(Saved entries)
^^^^^^^^

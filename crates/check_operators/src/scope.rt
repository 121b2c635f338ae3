// What the names of a script are known to stand for.
ghost use Rattle.std.specs.Option.{option_copied};
ghost use Rattle.std.specs.Prelude.{◌≡◌};
ghost use Rattle.check_faults.specs.Answers.{Answers};
ghost use Rattle.vtl_tree.specs.View.{comp_exp_of};
ghost use Rattle.check_operators.specs.Places.{alone, component_typed, dataset_named, env_of, known_by, name_typed};
ghost use Rattle.check_operators.specs.Typed.{typed_tree};

use crate::typed::made_of;
use crate::{Inside, Place, Typed};
use check_faults::{Rule, TypeErr};
use check_values::{column, name as name_of};
use std::alloc::Global;
use vtl_decimal::Profile;
use vtl_syntax::Comp;
use vtl_text::{ByName, List, Txt};
use vtl_tree::{CompExpr, NodeForm, Structure, is_among, share_structure};

/// How numbers are read, and the data sets that are known: the declared ones, and then the results so far.
#[derive(Drop)]
pub struct Scope {
    /// The scale and the rounding of numbers.
    pub profile: Profile,
    /// The structures of the data sets, by name.
    pub known: ByName<Structure>,
}

fn known_by(alloc: Global, name: &Txt, structure: Option<&Structure>) -> Result<Typed, TypeErr>
    ensures { Answers typed_tree result (known_by name.now (option_copied structure.entry)) }
{
    let Some(structure) = structure else {
        return Err(TypeErr::Broken(Rule::UnknownDataset));
    };
    let structure = share_structure(alloc, structure)?;
    let name = name.share()?;
    made_of(alloc, structure, NodeForm::Named(name))
}

fn dataset_named(
    alloc: Global,
    known: &ByName<Structure>,
    component: &Comp,
) -> Result<Typed, TypeErr>
    ensures { Answers typed_tree result (dataset_named known.now component.now) }
{
    match component {
        Comp::Name(name) => known_by(alloc, name, known.get(name)),
        Comp::Quoted(_) => Err(TypeErr::Broken(Rule::DatasetOrValue)),
    }
}

// A component that stands alone, as an expression.
fn alone(grouping: &Option<List<Txt>>, name: &Txt, e: CompExpr) -> Result<Typed, TypeErr>
    ensures { Answers typed_tree result (alone grouping.now name.now (comp_exp_of e)) }
{
    match grouping {
        Some(names) if !is_among(name, names.as_slice()) => Err(TypeErr::Broken(
            Rule::AggregateMisuse,
        )),
        _ => Ok(Typed::Value(e)),
    }
}

/// The component of this name inside, as an expression.
pub(crate) fn component_typed(inside: &Inside, name: &Txt) -> Result<Typed, TypeErr>
    ensures { Answers typed_tree result (component_typed inside.now name.now) }
{
    let e = column(name, inside.components.as_slice())?;
    alone(&inside.grouping, name, e)
}

/// What a name stands for at a place: a data set, or a component. An unknown data set breaks `UnknownDataset`, an
/// unknown component `UnknownComponent`, a quoted name where a data set is needed `DatasetOrValue`, and a component
/// that is no grouping identifier, over groups, `AggregateMisuse`.
pub fn name(alloc: Global, scope: &Scope, place: &Place, component: &Comp) -> Result<Typed, TypeErr>
    ensures { Answers typed_tree result (name_typed (env_of scope.now) place.now component.now) }
{
    match place {
        Place::Outside => dataset_named(alloc, &scope.known, component),
        Place::Inside(inside) => component_typed(inside, name_of(component)),
    }
}
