// What the selects of a query gave so far.
//
// A row is put into the table only while no fault was seen. Its cells fit the columns by the kinds of its items
// alone, whatever other rows have: the law that a typed query's rows fit says nothing where a later row has a fault.
//
// Each outcome is told by what it adds (`Adds`): the columns stay, its fault joins the one that was seen, and its
// rows stand behind the others unless one was. Rows of a select and selects of a union go by the one relation and the
// one lemma (`added_more`).
ghost use Rattle.std.specs.Prelude.{◌≡◌, ◌<◌, ◌++◌, ◌∷◌, [], true, List, drop, length, map, None, Ok, IfErr, OnOk};
ghost use Rattle.vtl_cell.specs.Row.{Row};
ghost use Rattle.vtl_cell.specs.Outcome.{unless};
ghost use Rattle.vtl_rows.specs.Tables.{fits};
ghost use Rattle.sql_meaning.specs.Outcomes.{row_at, row_fault};
ghost use Rattle.vtl_scalar.specs.Seen.{answer_of};
ghost use Rattle.sql_exec.specs.ItemCells.{next_value, values_in};
ghost use Rattle.sql_exec.specs.Items.{made_at_row};
ghost use Rattle.sql_exec.specs.Outputs.{Adds, Sees, fault_seen};

use crate::item_cells::{ItemCells, push_across};
use crate::items::{RowItem, push_items};
use sql_eval::Cells;
use std::alloc::{AllocError, Global};
use vtl_cell::Cell;
use vtl_decimal::Profile;
use vtl_rows::{Column, Table};
use vtl_scalar::{ScalarErr, Seen};

// For so many rows room is made at once.
const ROWS_AHEAD: usize = 1024;

/// A table of the rows so far, the list in which the next one is made, and the fault that was seen. Once there is one,
/// no further rows are put into the table.
pub(crate) struct Output {
    pub(crate) table: Table,
    pub(crate) cells: Vec<Cell>,
    pub(crate) seen: Seen,
}

// Written out, so that each owner sees one call and not the drop of each part.
impl Drop for Output {
    fn drop(self) {
        let Output {
            table: _table,
            cells: _cells,
            seen: _seen,
        } = self;
    }
}

impl Output {
    /// No rows.
    pub(crate) fn new(alloc: Global, columns: Vec<Column>) -> Output
        requires { 0 < length columns.items }
        ensures columns { result.table.columns ≡ columns.items }
        ensures rows { result.table.rows ≡ [] }
        ensures fault { fault_seen result ≡ None }
    {
        Output {
            table: Table::new(alloc, columns),
            cells: Vec::new(alloc),
            seen: Seen::Nothing,
        }
    }

    // Moves the row that is made behind the others.
    fn push_made(&mut self) -> Result<(), AllocError>
        requires { fits self.old.table.columns self.old.cells.items ≡ true }
        ensures columns { self.new.table.columns ≡ self.old.table.columns }
        ensures rows { OnOk result (self.new.table.rows ≡ self.old.table.rows ++ self.old.cells.items ∷ []) }
        ensures seen { self.new.seen ≡ self.old.seen }
    {
        if self.table.spare_rows() == 0 {
            self.table.reserve_rows(ROWS_AHEAD)?;
        }
        self.table.push_cells(&mut self.cells);
        Ok(())
    }

    /// Adds the row of the values of items at a row of FROM of this number.
    pub(crate) fn add_row<R: Cells>(
        &mut self,
        alloc: Global,
        items: &[RowItem],
        at: &R,
        number: usize,
        p: &Profile,
    ) -> Result<(), ScalarErr>
        requires row { R.group at.now ≡ [] }
        requires fits { row_fault (made_at_row p.now (R.tables at.now)) items.now (R.cells at.now, number) ≡ None → fits self.old.table.columns (row_at (made_at_row p.now (R.tables at.now)) items.now (R.cells at.now, number)) ≡ true }
        ensures adds { OnOk result (Adds (unless (row_fault (made_at_row p.now (R.tables at.now)) items.now (R.cells at.now, number)) (row_at (made_at_row p.now (R.tables at.now)) items.now (R.cells at.now, number) ∷ [])) self.old self.new) }
        ensures err { IfErr result (λ e. e ≡ ScalarErr.OutOfMemory) }
    {
        self.cells.clear();
        self.seen = push_items(alloc, &mut self.cells, self.seen, items, at, number, p)?;
        if let Seen::Nothing = self.seen {
            self.push_made()?;
        }
        Ok(())
    }

    /// Adds the row of the values of items at the next row of FROM, which is this one.
    pub(crate) fn add_across(
        &mut self,
        items: &mut [ItemCells],
        row: &[Cell],
        p: &Profile,
    ) -> Result<(), ScalarErr>
        requires { row_fault (next_value p.now) items.old row.now ≡ None → fits self.old.table.columns (row_at (next_value p.now) items.old row.now) ≡ true }
        ensures adds { OnOk result (Adds (unless (row_fault (next_value p.now) items.old row.now) (row_at (next_value p.now) items.old row.now ∷ [])) self.old self.new) }
        ensures others { OnOk result ((rows : List Row) → map (values_in p.now rows) items.new ≡ map (λ x. drop 1 (values_in p.now (row.now ∷ rows) x)) items.old) }
        ensures err { IfErr result (λ e. e ≡ ScalarErr.OutOfMemory) }
    {
        self.cells.clear();
        self.seen = push_across(&mut self.cells, self.seen, items, row, p)?;
        if let Seen::Nothing = self.seen {
            self.push_made()?;
        }
        Ok(())
    }

    /// Adds the rows of a table below the same columns. It takes the place of a table of no rows, and else its cells are
    /// moved. It fails only if memory runs out.
    pub(crate) fn add_table(&mut self, table: Table) -> Result<(), AllocError>
        requires { table.columns ≡ self.old.table.columns }
        ensures { OnOk result (Adds (Ok table.rows) self.old self.new) }
    {
        let Seen::Nothing = self.seen else {
            return Ok(());
        };
        if self.table.len() == 0 {
            self.table = table;
            return Ok(());
        }
        self.table.append(table)
    }

    /// Sees a fault. That memory ran out is no such fault, and is passed on.
    pub(crate) fn see(&mut self, error: ScalarErr) -> Result<(), ScalarErr>
        ensures table { self.new.table ≡ self.old.table }
        ensures fault { OnOk result (Sees error self.old self.new) }
        ensures err { IfErr result (λ e. e ≡ ScalarErr.OutOfMemory) }
    {
        self.seen = self.seen.and(error)?;
        Ok(())
    }

    /// The table, unless a fault was seen.
    pub(crate) fn finish(self) -> Result<Table, ScalarErr>
        ensures { result ≡ answer_of (unless (fault_seen self) self.table) }
    {
        let Output {
            table,
            cells: _cells,
            seen,
        } = self;
        seen.unless(table)
    }
}
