// The tables of FROM, for each select of a query.
ghost use Rattle.std.specs.Prelude.{◌≡◌, IfOk, map};
ghost use Rattle.sql_tree.specs.View.{select_tree};
ghost use Rattle.sql_from.specs.FromTables.{from_given};

use sql_from::{FromTables, HeldTables};
use sql_tree::Select;
use std::alloc::{AllocError, Global};

/// The tables of the sources of each select, in order. It takes time for the rows of the tables of SERIES and for those
/// that they give. It fails only if memory runs out.
pub(crate) fn from_each<'a>(
    alloc: Global,
    tables: &'a HeldTables,
    selects: &[Select],
) -> Result<Vec<FromTables<'a>>, AllocError>
    ensures { IfOk result (λ v. v.items ≡ map (from_given tables.now) (map select_tree selects.now)) }
{
    let mut all = Vec::with_capacity(alloc, selects.len())?;
    for select in selects {
        all.push(FromTables::of(alloc, tables, select)?)?;
    }
    Ok(all)
}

^^^^^^^^

__YOUR ASSIGNMENT__.
Only a number belongs in the answer: the number of lines in the preceding data that hold "FromTables".

__YOUR RESPONSE__.
4